Problem to solve » Pick out every line of the entries below where "beside" occurs, and copy those lines.
** Input records follows **
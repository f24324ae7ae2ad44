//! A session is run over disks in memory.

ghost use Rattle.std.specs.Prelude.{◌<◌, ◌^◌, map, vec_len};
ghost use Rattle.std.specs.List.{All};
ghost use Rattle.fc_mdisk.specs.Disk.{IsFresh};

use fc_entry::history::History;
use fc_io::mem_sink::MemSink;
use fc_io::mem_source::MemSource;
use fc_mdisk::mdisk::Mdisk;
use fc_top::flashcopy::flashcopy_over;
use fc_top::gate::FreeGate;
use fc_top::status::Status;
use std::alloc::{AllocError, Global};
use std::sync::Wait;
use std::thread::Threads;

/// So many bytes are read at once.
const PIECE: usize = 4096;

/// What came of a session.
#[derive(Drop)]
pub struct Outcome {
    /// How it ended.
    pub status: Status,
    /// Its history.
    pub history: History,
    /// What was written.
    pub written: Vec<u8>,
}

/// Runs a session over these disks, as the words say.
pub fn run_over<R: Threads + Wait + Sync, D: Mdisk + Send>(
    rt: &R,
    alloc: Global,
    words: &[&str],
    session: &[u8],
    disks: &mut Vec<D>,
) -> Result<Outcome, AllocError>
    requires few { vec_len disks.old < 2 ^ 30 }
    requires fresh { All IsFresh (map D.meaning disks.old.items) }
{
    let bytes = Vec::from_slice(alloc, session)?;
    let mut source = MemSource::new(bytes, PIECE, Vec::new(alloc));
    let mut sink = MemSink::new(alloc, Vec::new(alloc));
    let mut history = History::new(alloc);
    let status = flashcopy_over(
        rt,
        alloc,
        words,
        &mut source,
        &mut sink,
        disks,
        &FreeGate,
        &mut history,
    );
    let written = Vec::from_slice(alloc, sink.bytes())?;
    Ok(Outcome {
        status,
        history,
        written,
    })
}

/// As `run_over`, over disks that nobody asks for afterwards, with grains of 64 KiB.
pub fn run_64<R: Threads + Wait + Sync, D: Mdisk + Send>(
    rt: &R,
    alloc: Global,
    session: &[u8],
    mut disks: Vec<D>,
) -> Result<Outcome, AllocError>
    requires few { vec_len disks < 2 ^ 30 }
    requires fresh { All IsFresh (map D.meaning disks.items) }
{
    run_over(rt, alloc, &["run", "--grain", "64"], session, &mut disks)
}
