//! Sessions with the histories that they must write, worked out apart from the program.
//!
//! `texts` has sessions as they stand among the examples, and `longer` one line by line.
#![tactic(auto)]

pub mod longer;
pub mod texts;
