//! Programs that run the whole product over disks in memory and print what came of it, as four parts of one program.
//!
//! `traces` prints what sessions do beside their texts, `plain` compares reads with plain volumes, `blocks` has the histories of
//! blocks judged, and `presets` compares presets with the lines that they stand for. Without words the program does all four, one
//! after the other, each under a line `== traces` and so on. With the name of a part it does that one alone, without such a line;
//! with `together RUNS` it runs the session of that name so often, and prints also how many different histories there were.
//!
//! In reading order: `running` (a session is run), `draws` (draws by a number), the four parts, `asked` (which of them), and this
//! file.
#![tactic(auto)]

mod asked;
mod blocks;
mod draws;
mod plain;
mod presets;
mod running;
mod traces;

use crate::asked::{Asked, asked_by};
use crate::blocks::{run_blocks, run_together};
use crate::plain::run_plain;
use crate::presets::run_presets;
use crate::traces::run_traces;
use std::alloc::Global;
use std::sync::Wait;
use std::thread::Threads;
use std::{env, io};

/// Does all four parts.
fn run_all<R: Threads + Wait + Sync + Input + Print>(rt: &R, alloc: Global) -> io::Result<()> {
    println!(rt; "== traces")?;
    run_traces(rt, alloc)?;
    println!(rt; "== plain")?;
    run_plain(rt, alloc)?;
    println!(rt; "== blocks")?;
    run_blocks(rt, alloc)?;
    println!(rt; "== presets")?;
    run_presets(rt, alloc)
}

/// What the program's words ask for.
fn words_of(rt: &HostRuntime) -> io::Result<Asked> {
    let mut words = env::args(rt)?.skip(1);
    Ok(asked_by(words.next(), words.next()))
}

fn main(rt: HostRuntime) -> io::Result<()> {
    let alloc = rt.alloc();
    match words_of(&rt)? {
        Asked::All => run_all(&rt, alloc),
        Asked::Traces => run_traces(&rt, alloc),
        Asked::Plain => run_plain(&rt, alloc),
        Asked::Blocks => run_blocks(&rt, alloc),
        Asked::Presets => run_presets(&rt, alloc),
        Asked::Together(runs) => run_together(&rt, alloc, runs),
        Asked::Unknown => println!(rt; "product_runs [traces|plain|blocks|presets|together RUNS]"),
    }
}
** End of Input records **
** Input records follows **
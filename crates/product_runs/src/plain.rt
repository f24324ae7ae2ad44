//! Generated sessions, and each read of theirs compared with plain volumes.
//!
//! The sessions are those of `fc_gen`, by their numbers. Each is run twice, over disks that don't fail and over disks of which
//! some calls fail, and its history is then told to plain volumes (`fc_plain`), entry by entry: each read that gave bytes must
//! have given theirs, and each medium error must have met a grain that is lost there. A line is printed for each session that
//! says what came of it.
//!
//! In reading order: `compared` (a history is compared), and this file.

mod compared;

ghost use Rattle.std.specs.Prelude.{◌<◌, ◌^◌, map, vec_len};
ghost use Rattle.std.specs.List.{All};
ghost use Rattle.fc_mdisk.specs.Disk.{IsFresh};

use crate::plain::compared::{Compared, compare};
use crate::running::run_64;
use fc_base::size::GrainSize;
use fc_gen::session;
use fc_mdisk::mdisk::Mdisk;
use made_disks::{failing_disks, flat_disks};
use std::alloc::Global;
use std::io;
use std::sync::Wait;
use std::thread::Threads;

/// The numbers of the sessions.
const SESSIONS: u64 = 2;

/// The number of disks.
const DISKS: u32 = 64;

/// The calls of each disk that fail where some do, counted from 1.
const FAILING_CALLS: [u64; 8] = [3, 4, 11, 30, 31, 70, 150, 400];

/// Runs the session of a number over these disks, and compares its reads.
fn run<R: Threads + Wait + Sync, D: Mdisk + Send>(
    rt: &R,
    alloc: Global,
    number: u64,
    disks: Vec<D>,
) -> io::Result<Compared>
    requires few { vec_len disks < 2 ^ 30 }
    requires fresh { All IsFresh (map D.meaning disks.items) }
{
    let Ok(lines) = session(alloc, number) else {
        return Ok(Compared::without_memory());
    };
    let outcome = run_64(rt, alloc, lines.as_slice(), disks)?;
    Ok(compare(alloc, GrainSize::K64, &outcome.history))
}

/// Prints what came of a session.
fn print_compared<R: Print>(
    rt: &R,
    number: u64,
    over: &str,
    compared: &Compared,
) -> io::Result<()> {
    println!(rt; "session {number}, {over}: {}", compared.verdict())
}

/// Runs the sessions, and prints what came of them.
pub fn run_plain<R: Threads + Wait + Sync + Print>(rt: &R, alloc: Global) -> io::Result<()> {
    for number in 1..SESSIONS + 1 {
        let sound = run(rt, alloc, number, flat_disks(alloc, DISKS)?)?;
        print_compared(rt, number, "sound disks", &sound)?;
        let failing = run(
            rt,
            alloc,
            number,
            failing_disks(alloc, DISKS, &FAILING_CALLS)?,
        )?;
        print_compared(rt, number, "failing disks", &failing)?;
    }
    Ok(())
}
** End of Input records **
** Input records follows **
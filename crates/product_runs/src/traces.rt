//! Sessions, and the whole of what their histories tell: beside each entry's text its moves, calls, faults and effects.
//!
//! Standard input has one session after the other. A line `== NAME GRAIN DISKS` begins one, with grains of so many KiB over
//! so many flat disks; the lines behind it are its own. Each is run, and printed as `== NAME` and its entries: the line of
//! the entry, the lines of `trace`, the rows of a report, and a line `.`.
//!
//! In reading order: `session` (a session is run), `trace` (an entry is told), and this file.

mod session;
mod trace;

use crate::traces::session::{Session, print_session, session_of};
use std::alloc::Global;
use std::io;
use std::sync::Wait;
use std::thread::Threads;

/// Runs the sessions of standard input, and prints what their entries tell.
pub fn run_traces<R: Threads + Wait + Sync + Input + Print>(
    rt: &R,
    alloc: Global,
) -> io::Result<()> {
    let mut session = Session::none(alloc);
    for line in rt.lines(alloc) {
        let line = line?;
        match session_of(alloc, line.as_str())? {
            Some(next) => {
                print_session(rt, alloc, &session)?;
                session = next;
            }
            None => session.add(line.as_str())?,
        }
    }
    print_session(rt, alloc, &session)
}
** End of Input records **
Answer to this task »
//! `traces` prints what sessions do beside their texts, `plain` compares reads with plain volumes, `blocks` has the histories of
//! Sessions, and the whole of what their histories tell: beside each entry's text its moves, calls, faults and effects.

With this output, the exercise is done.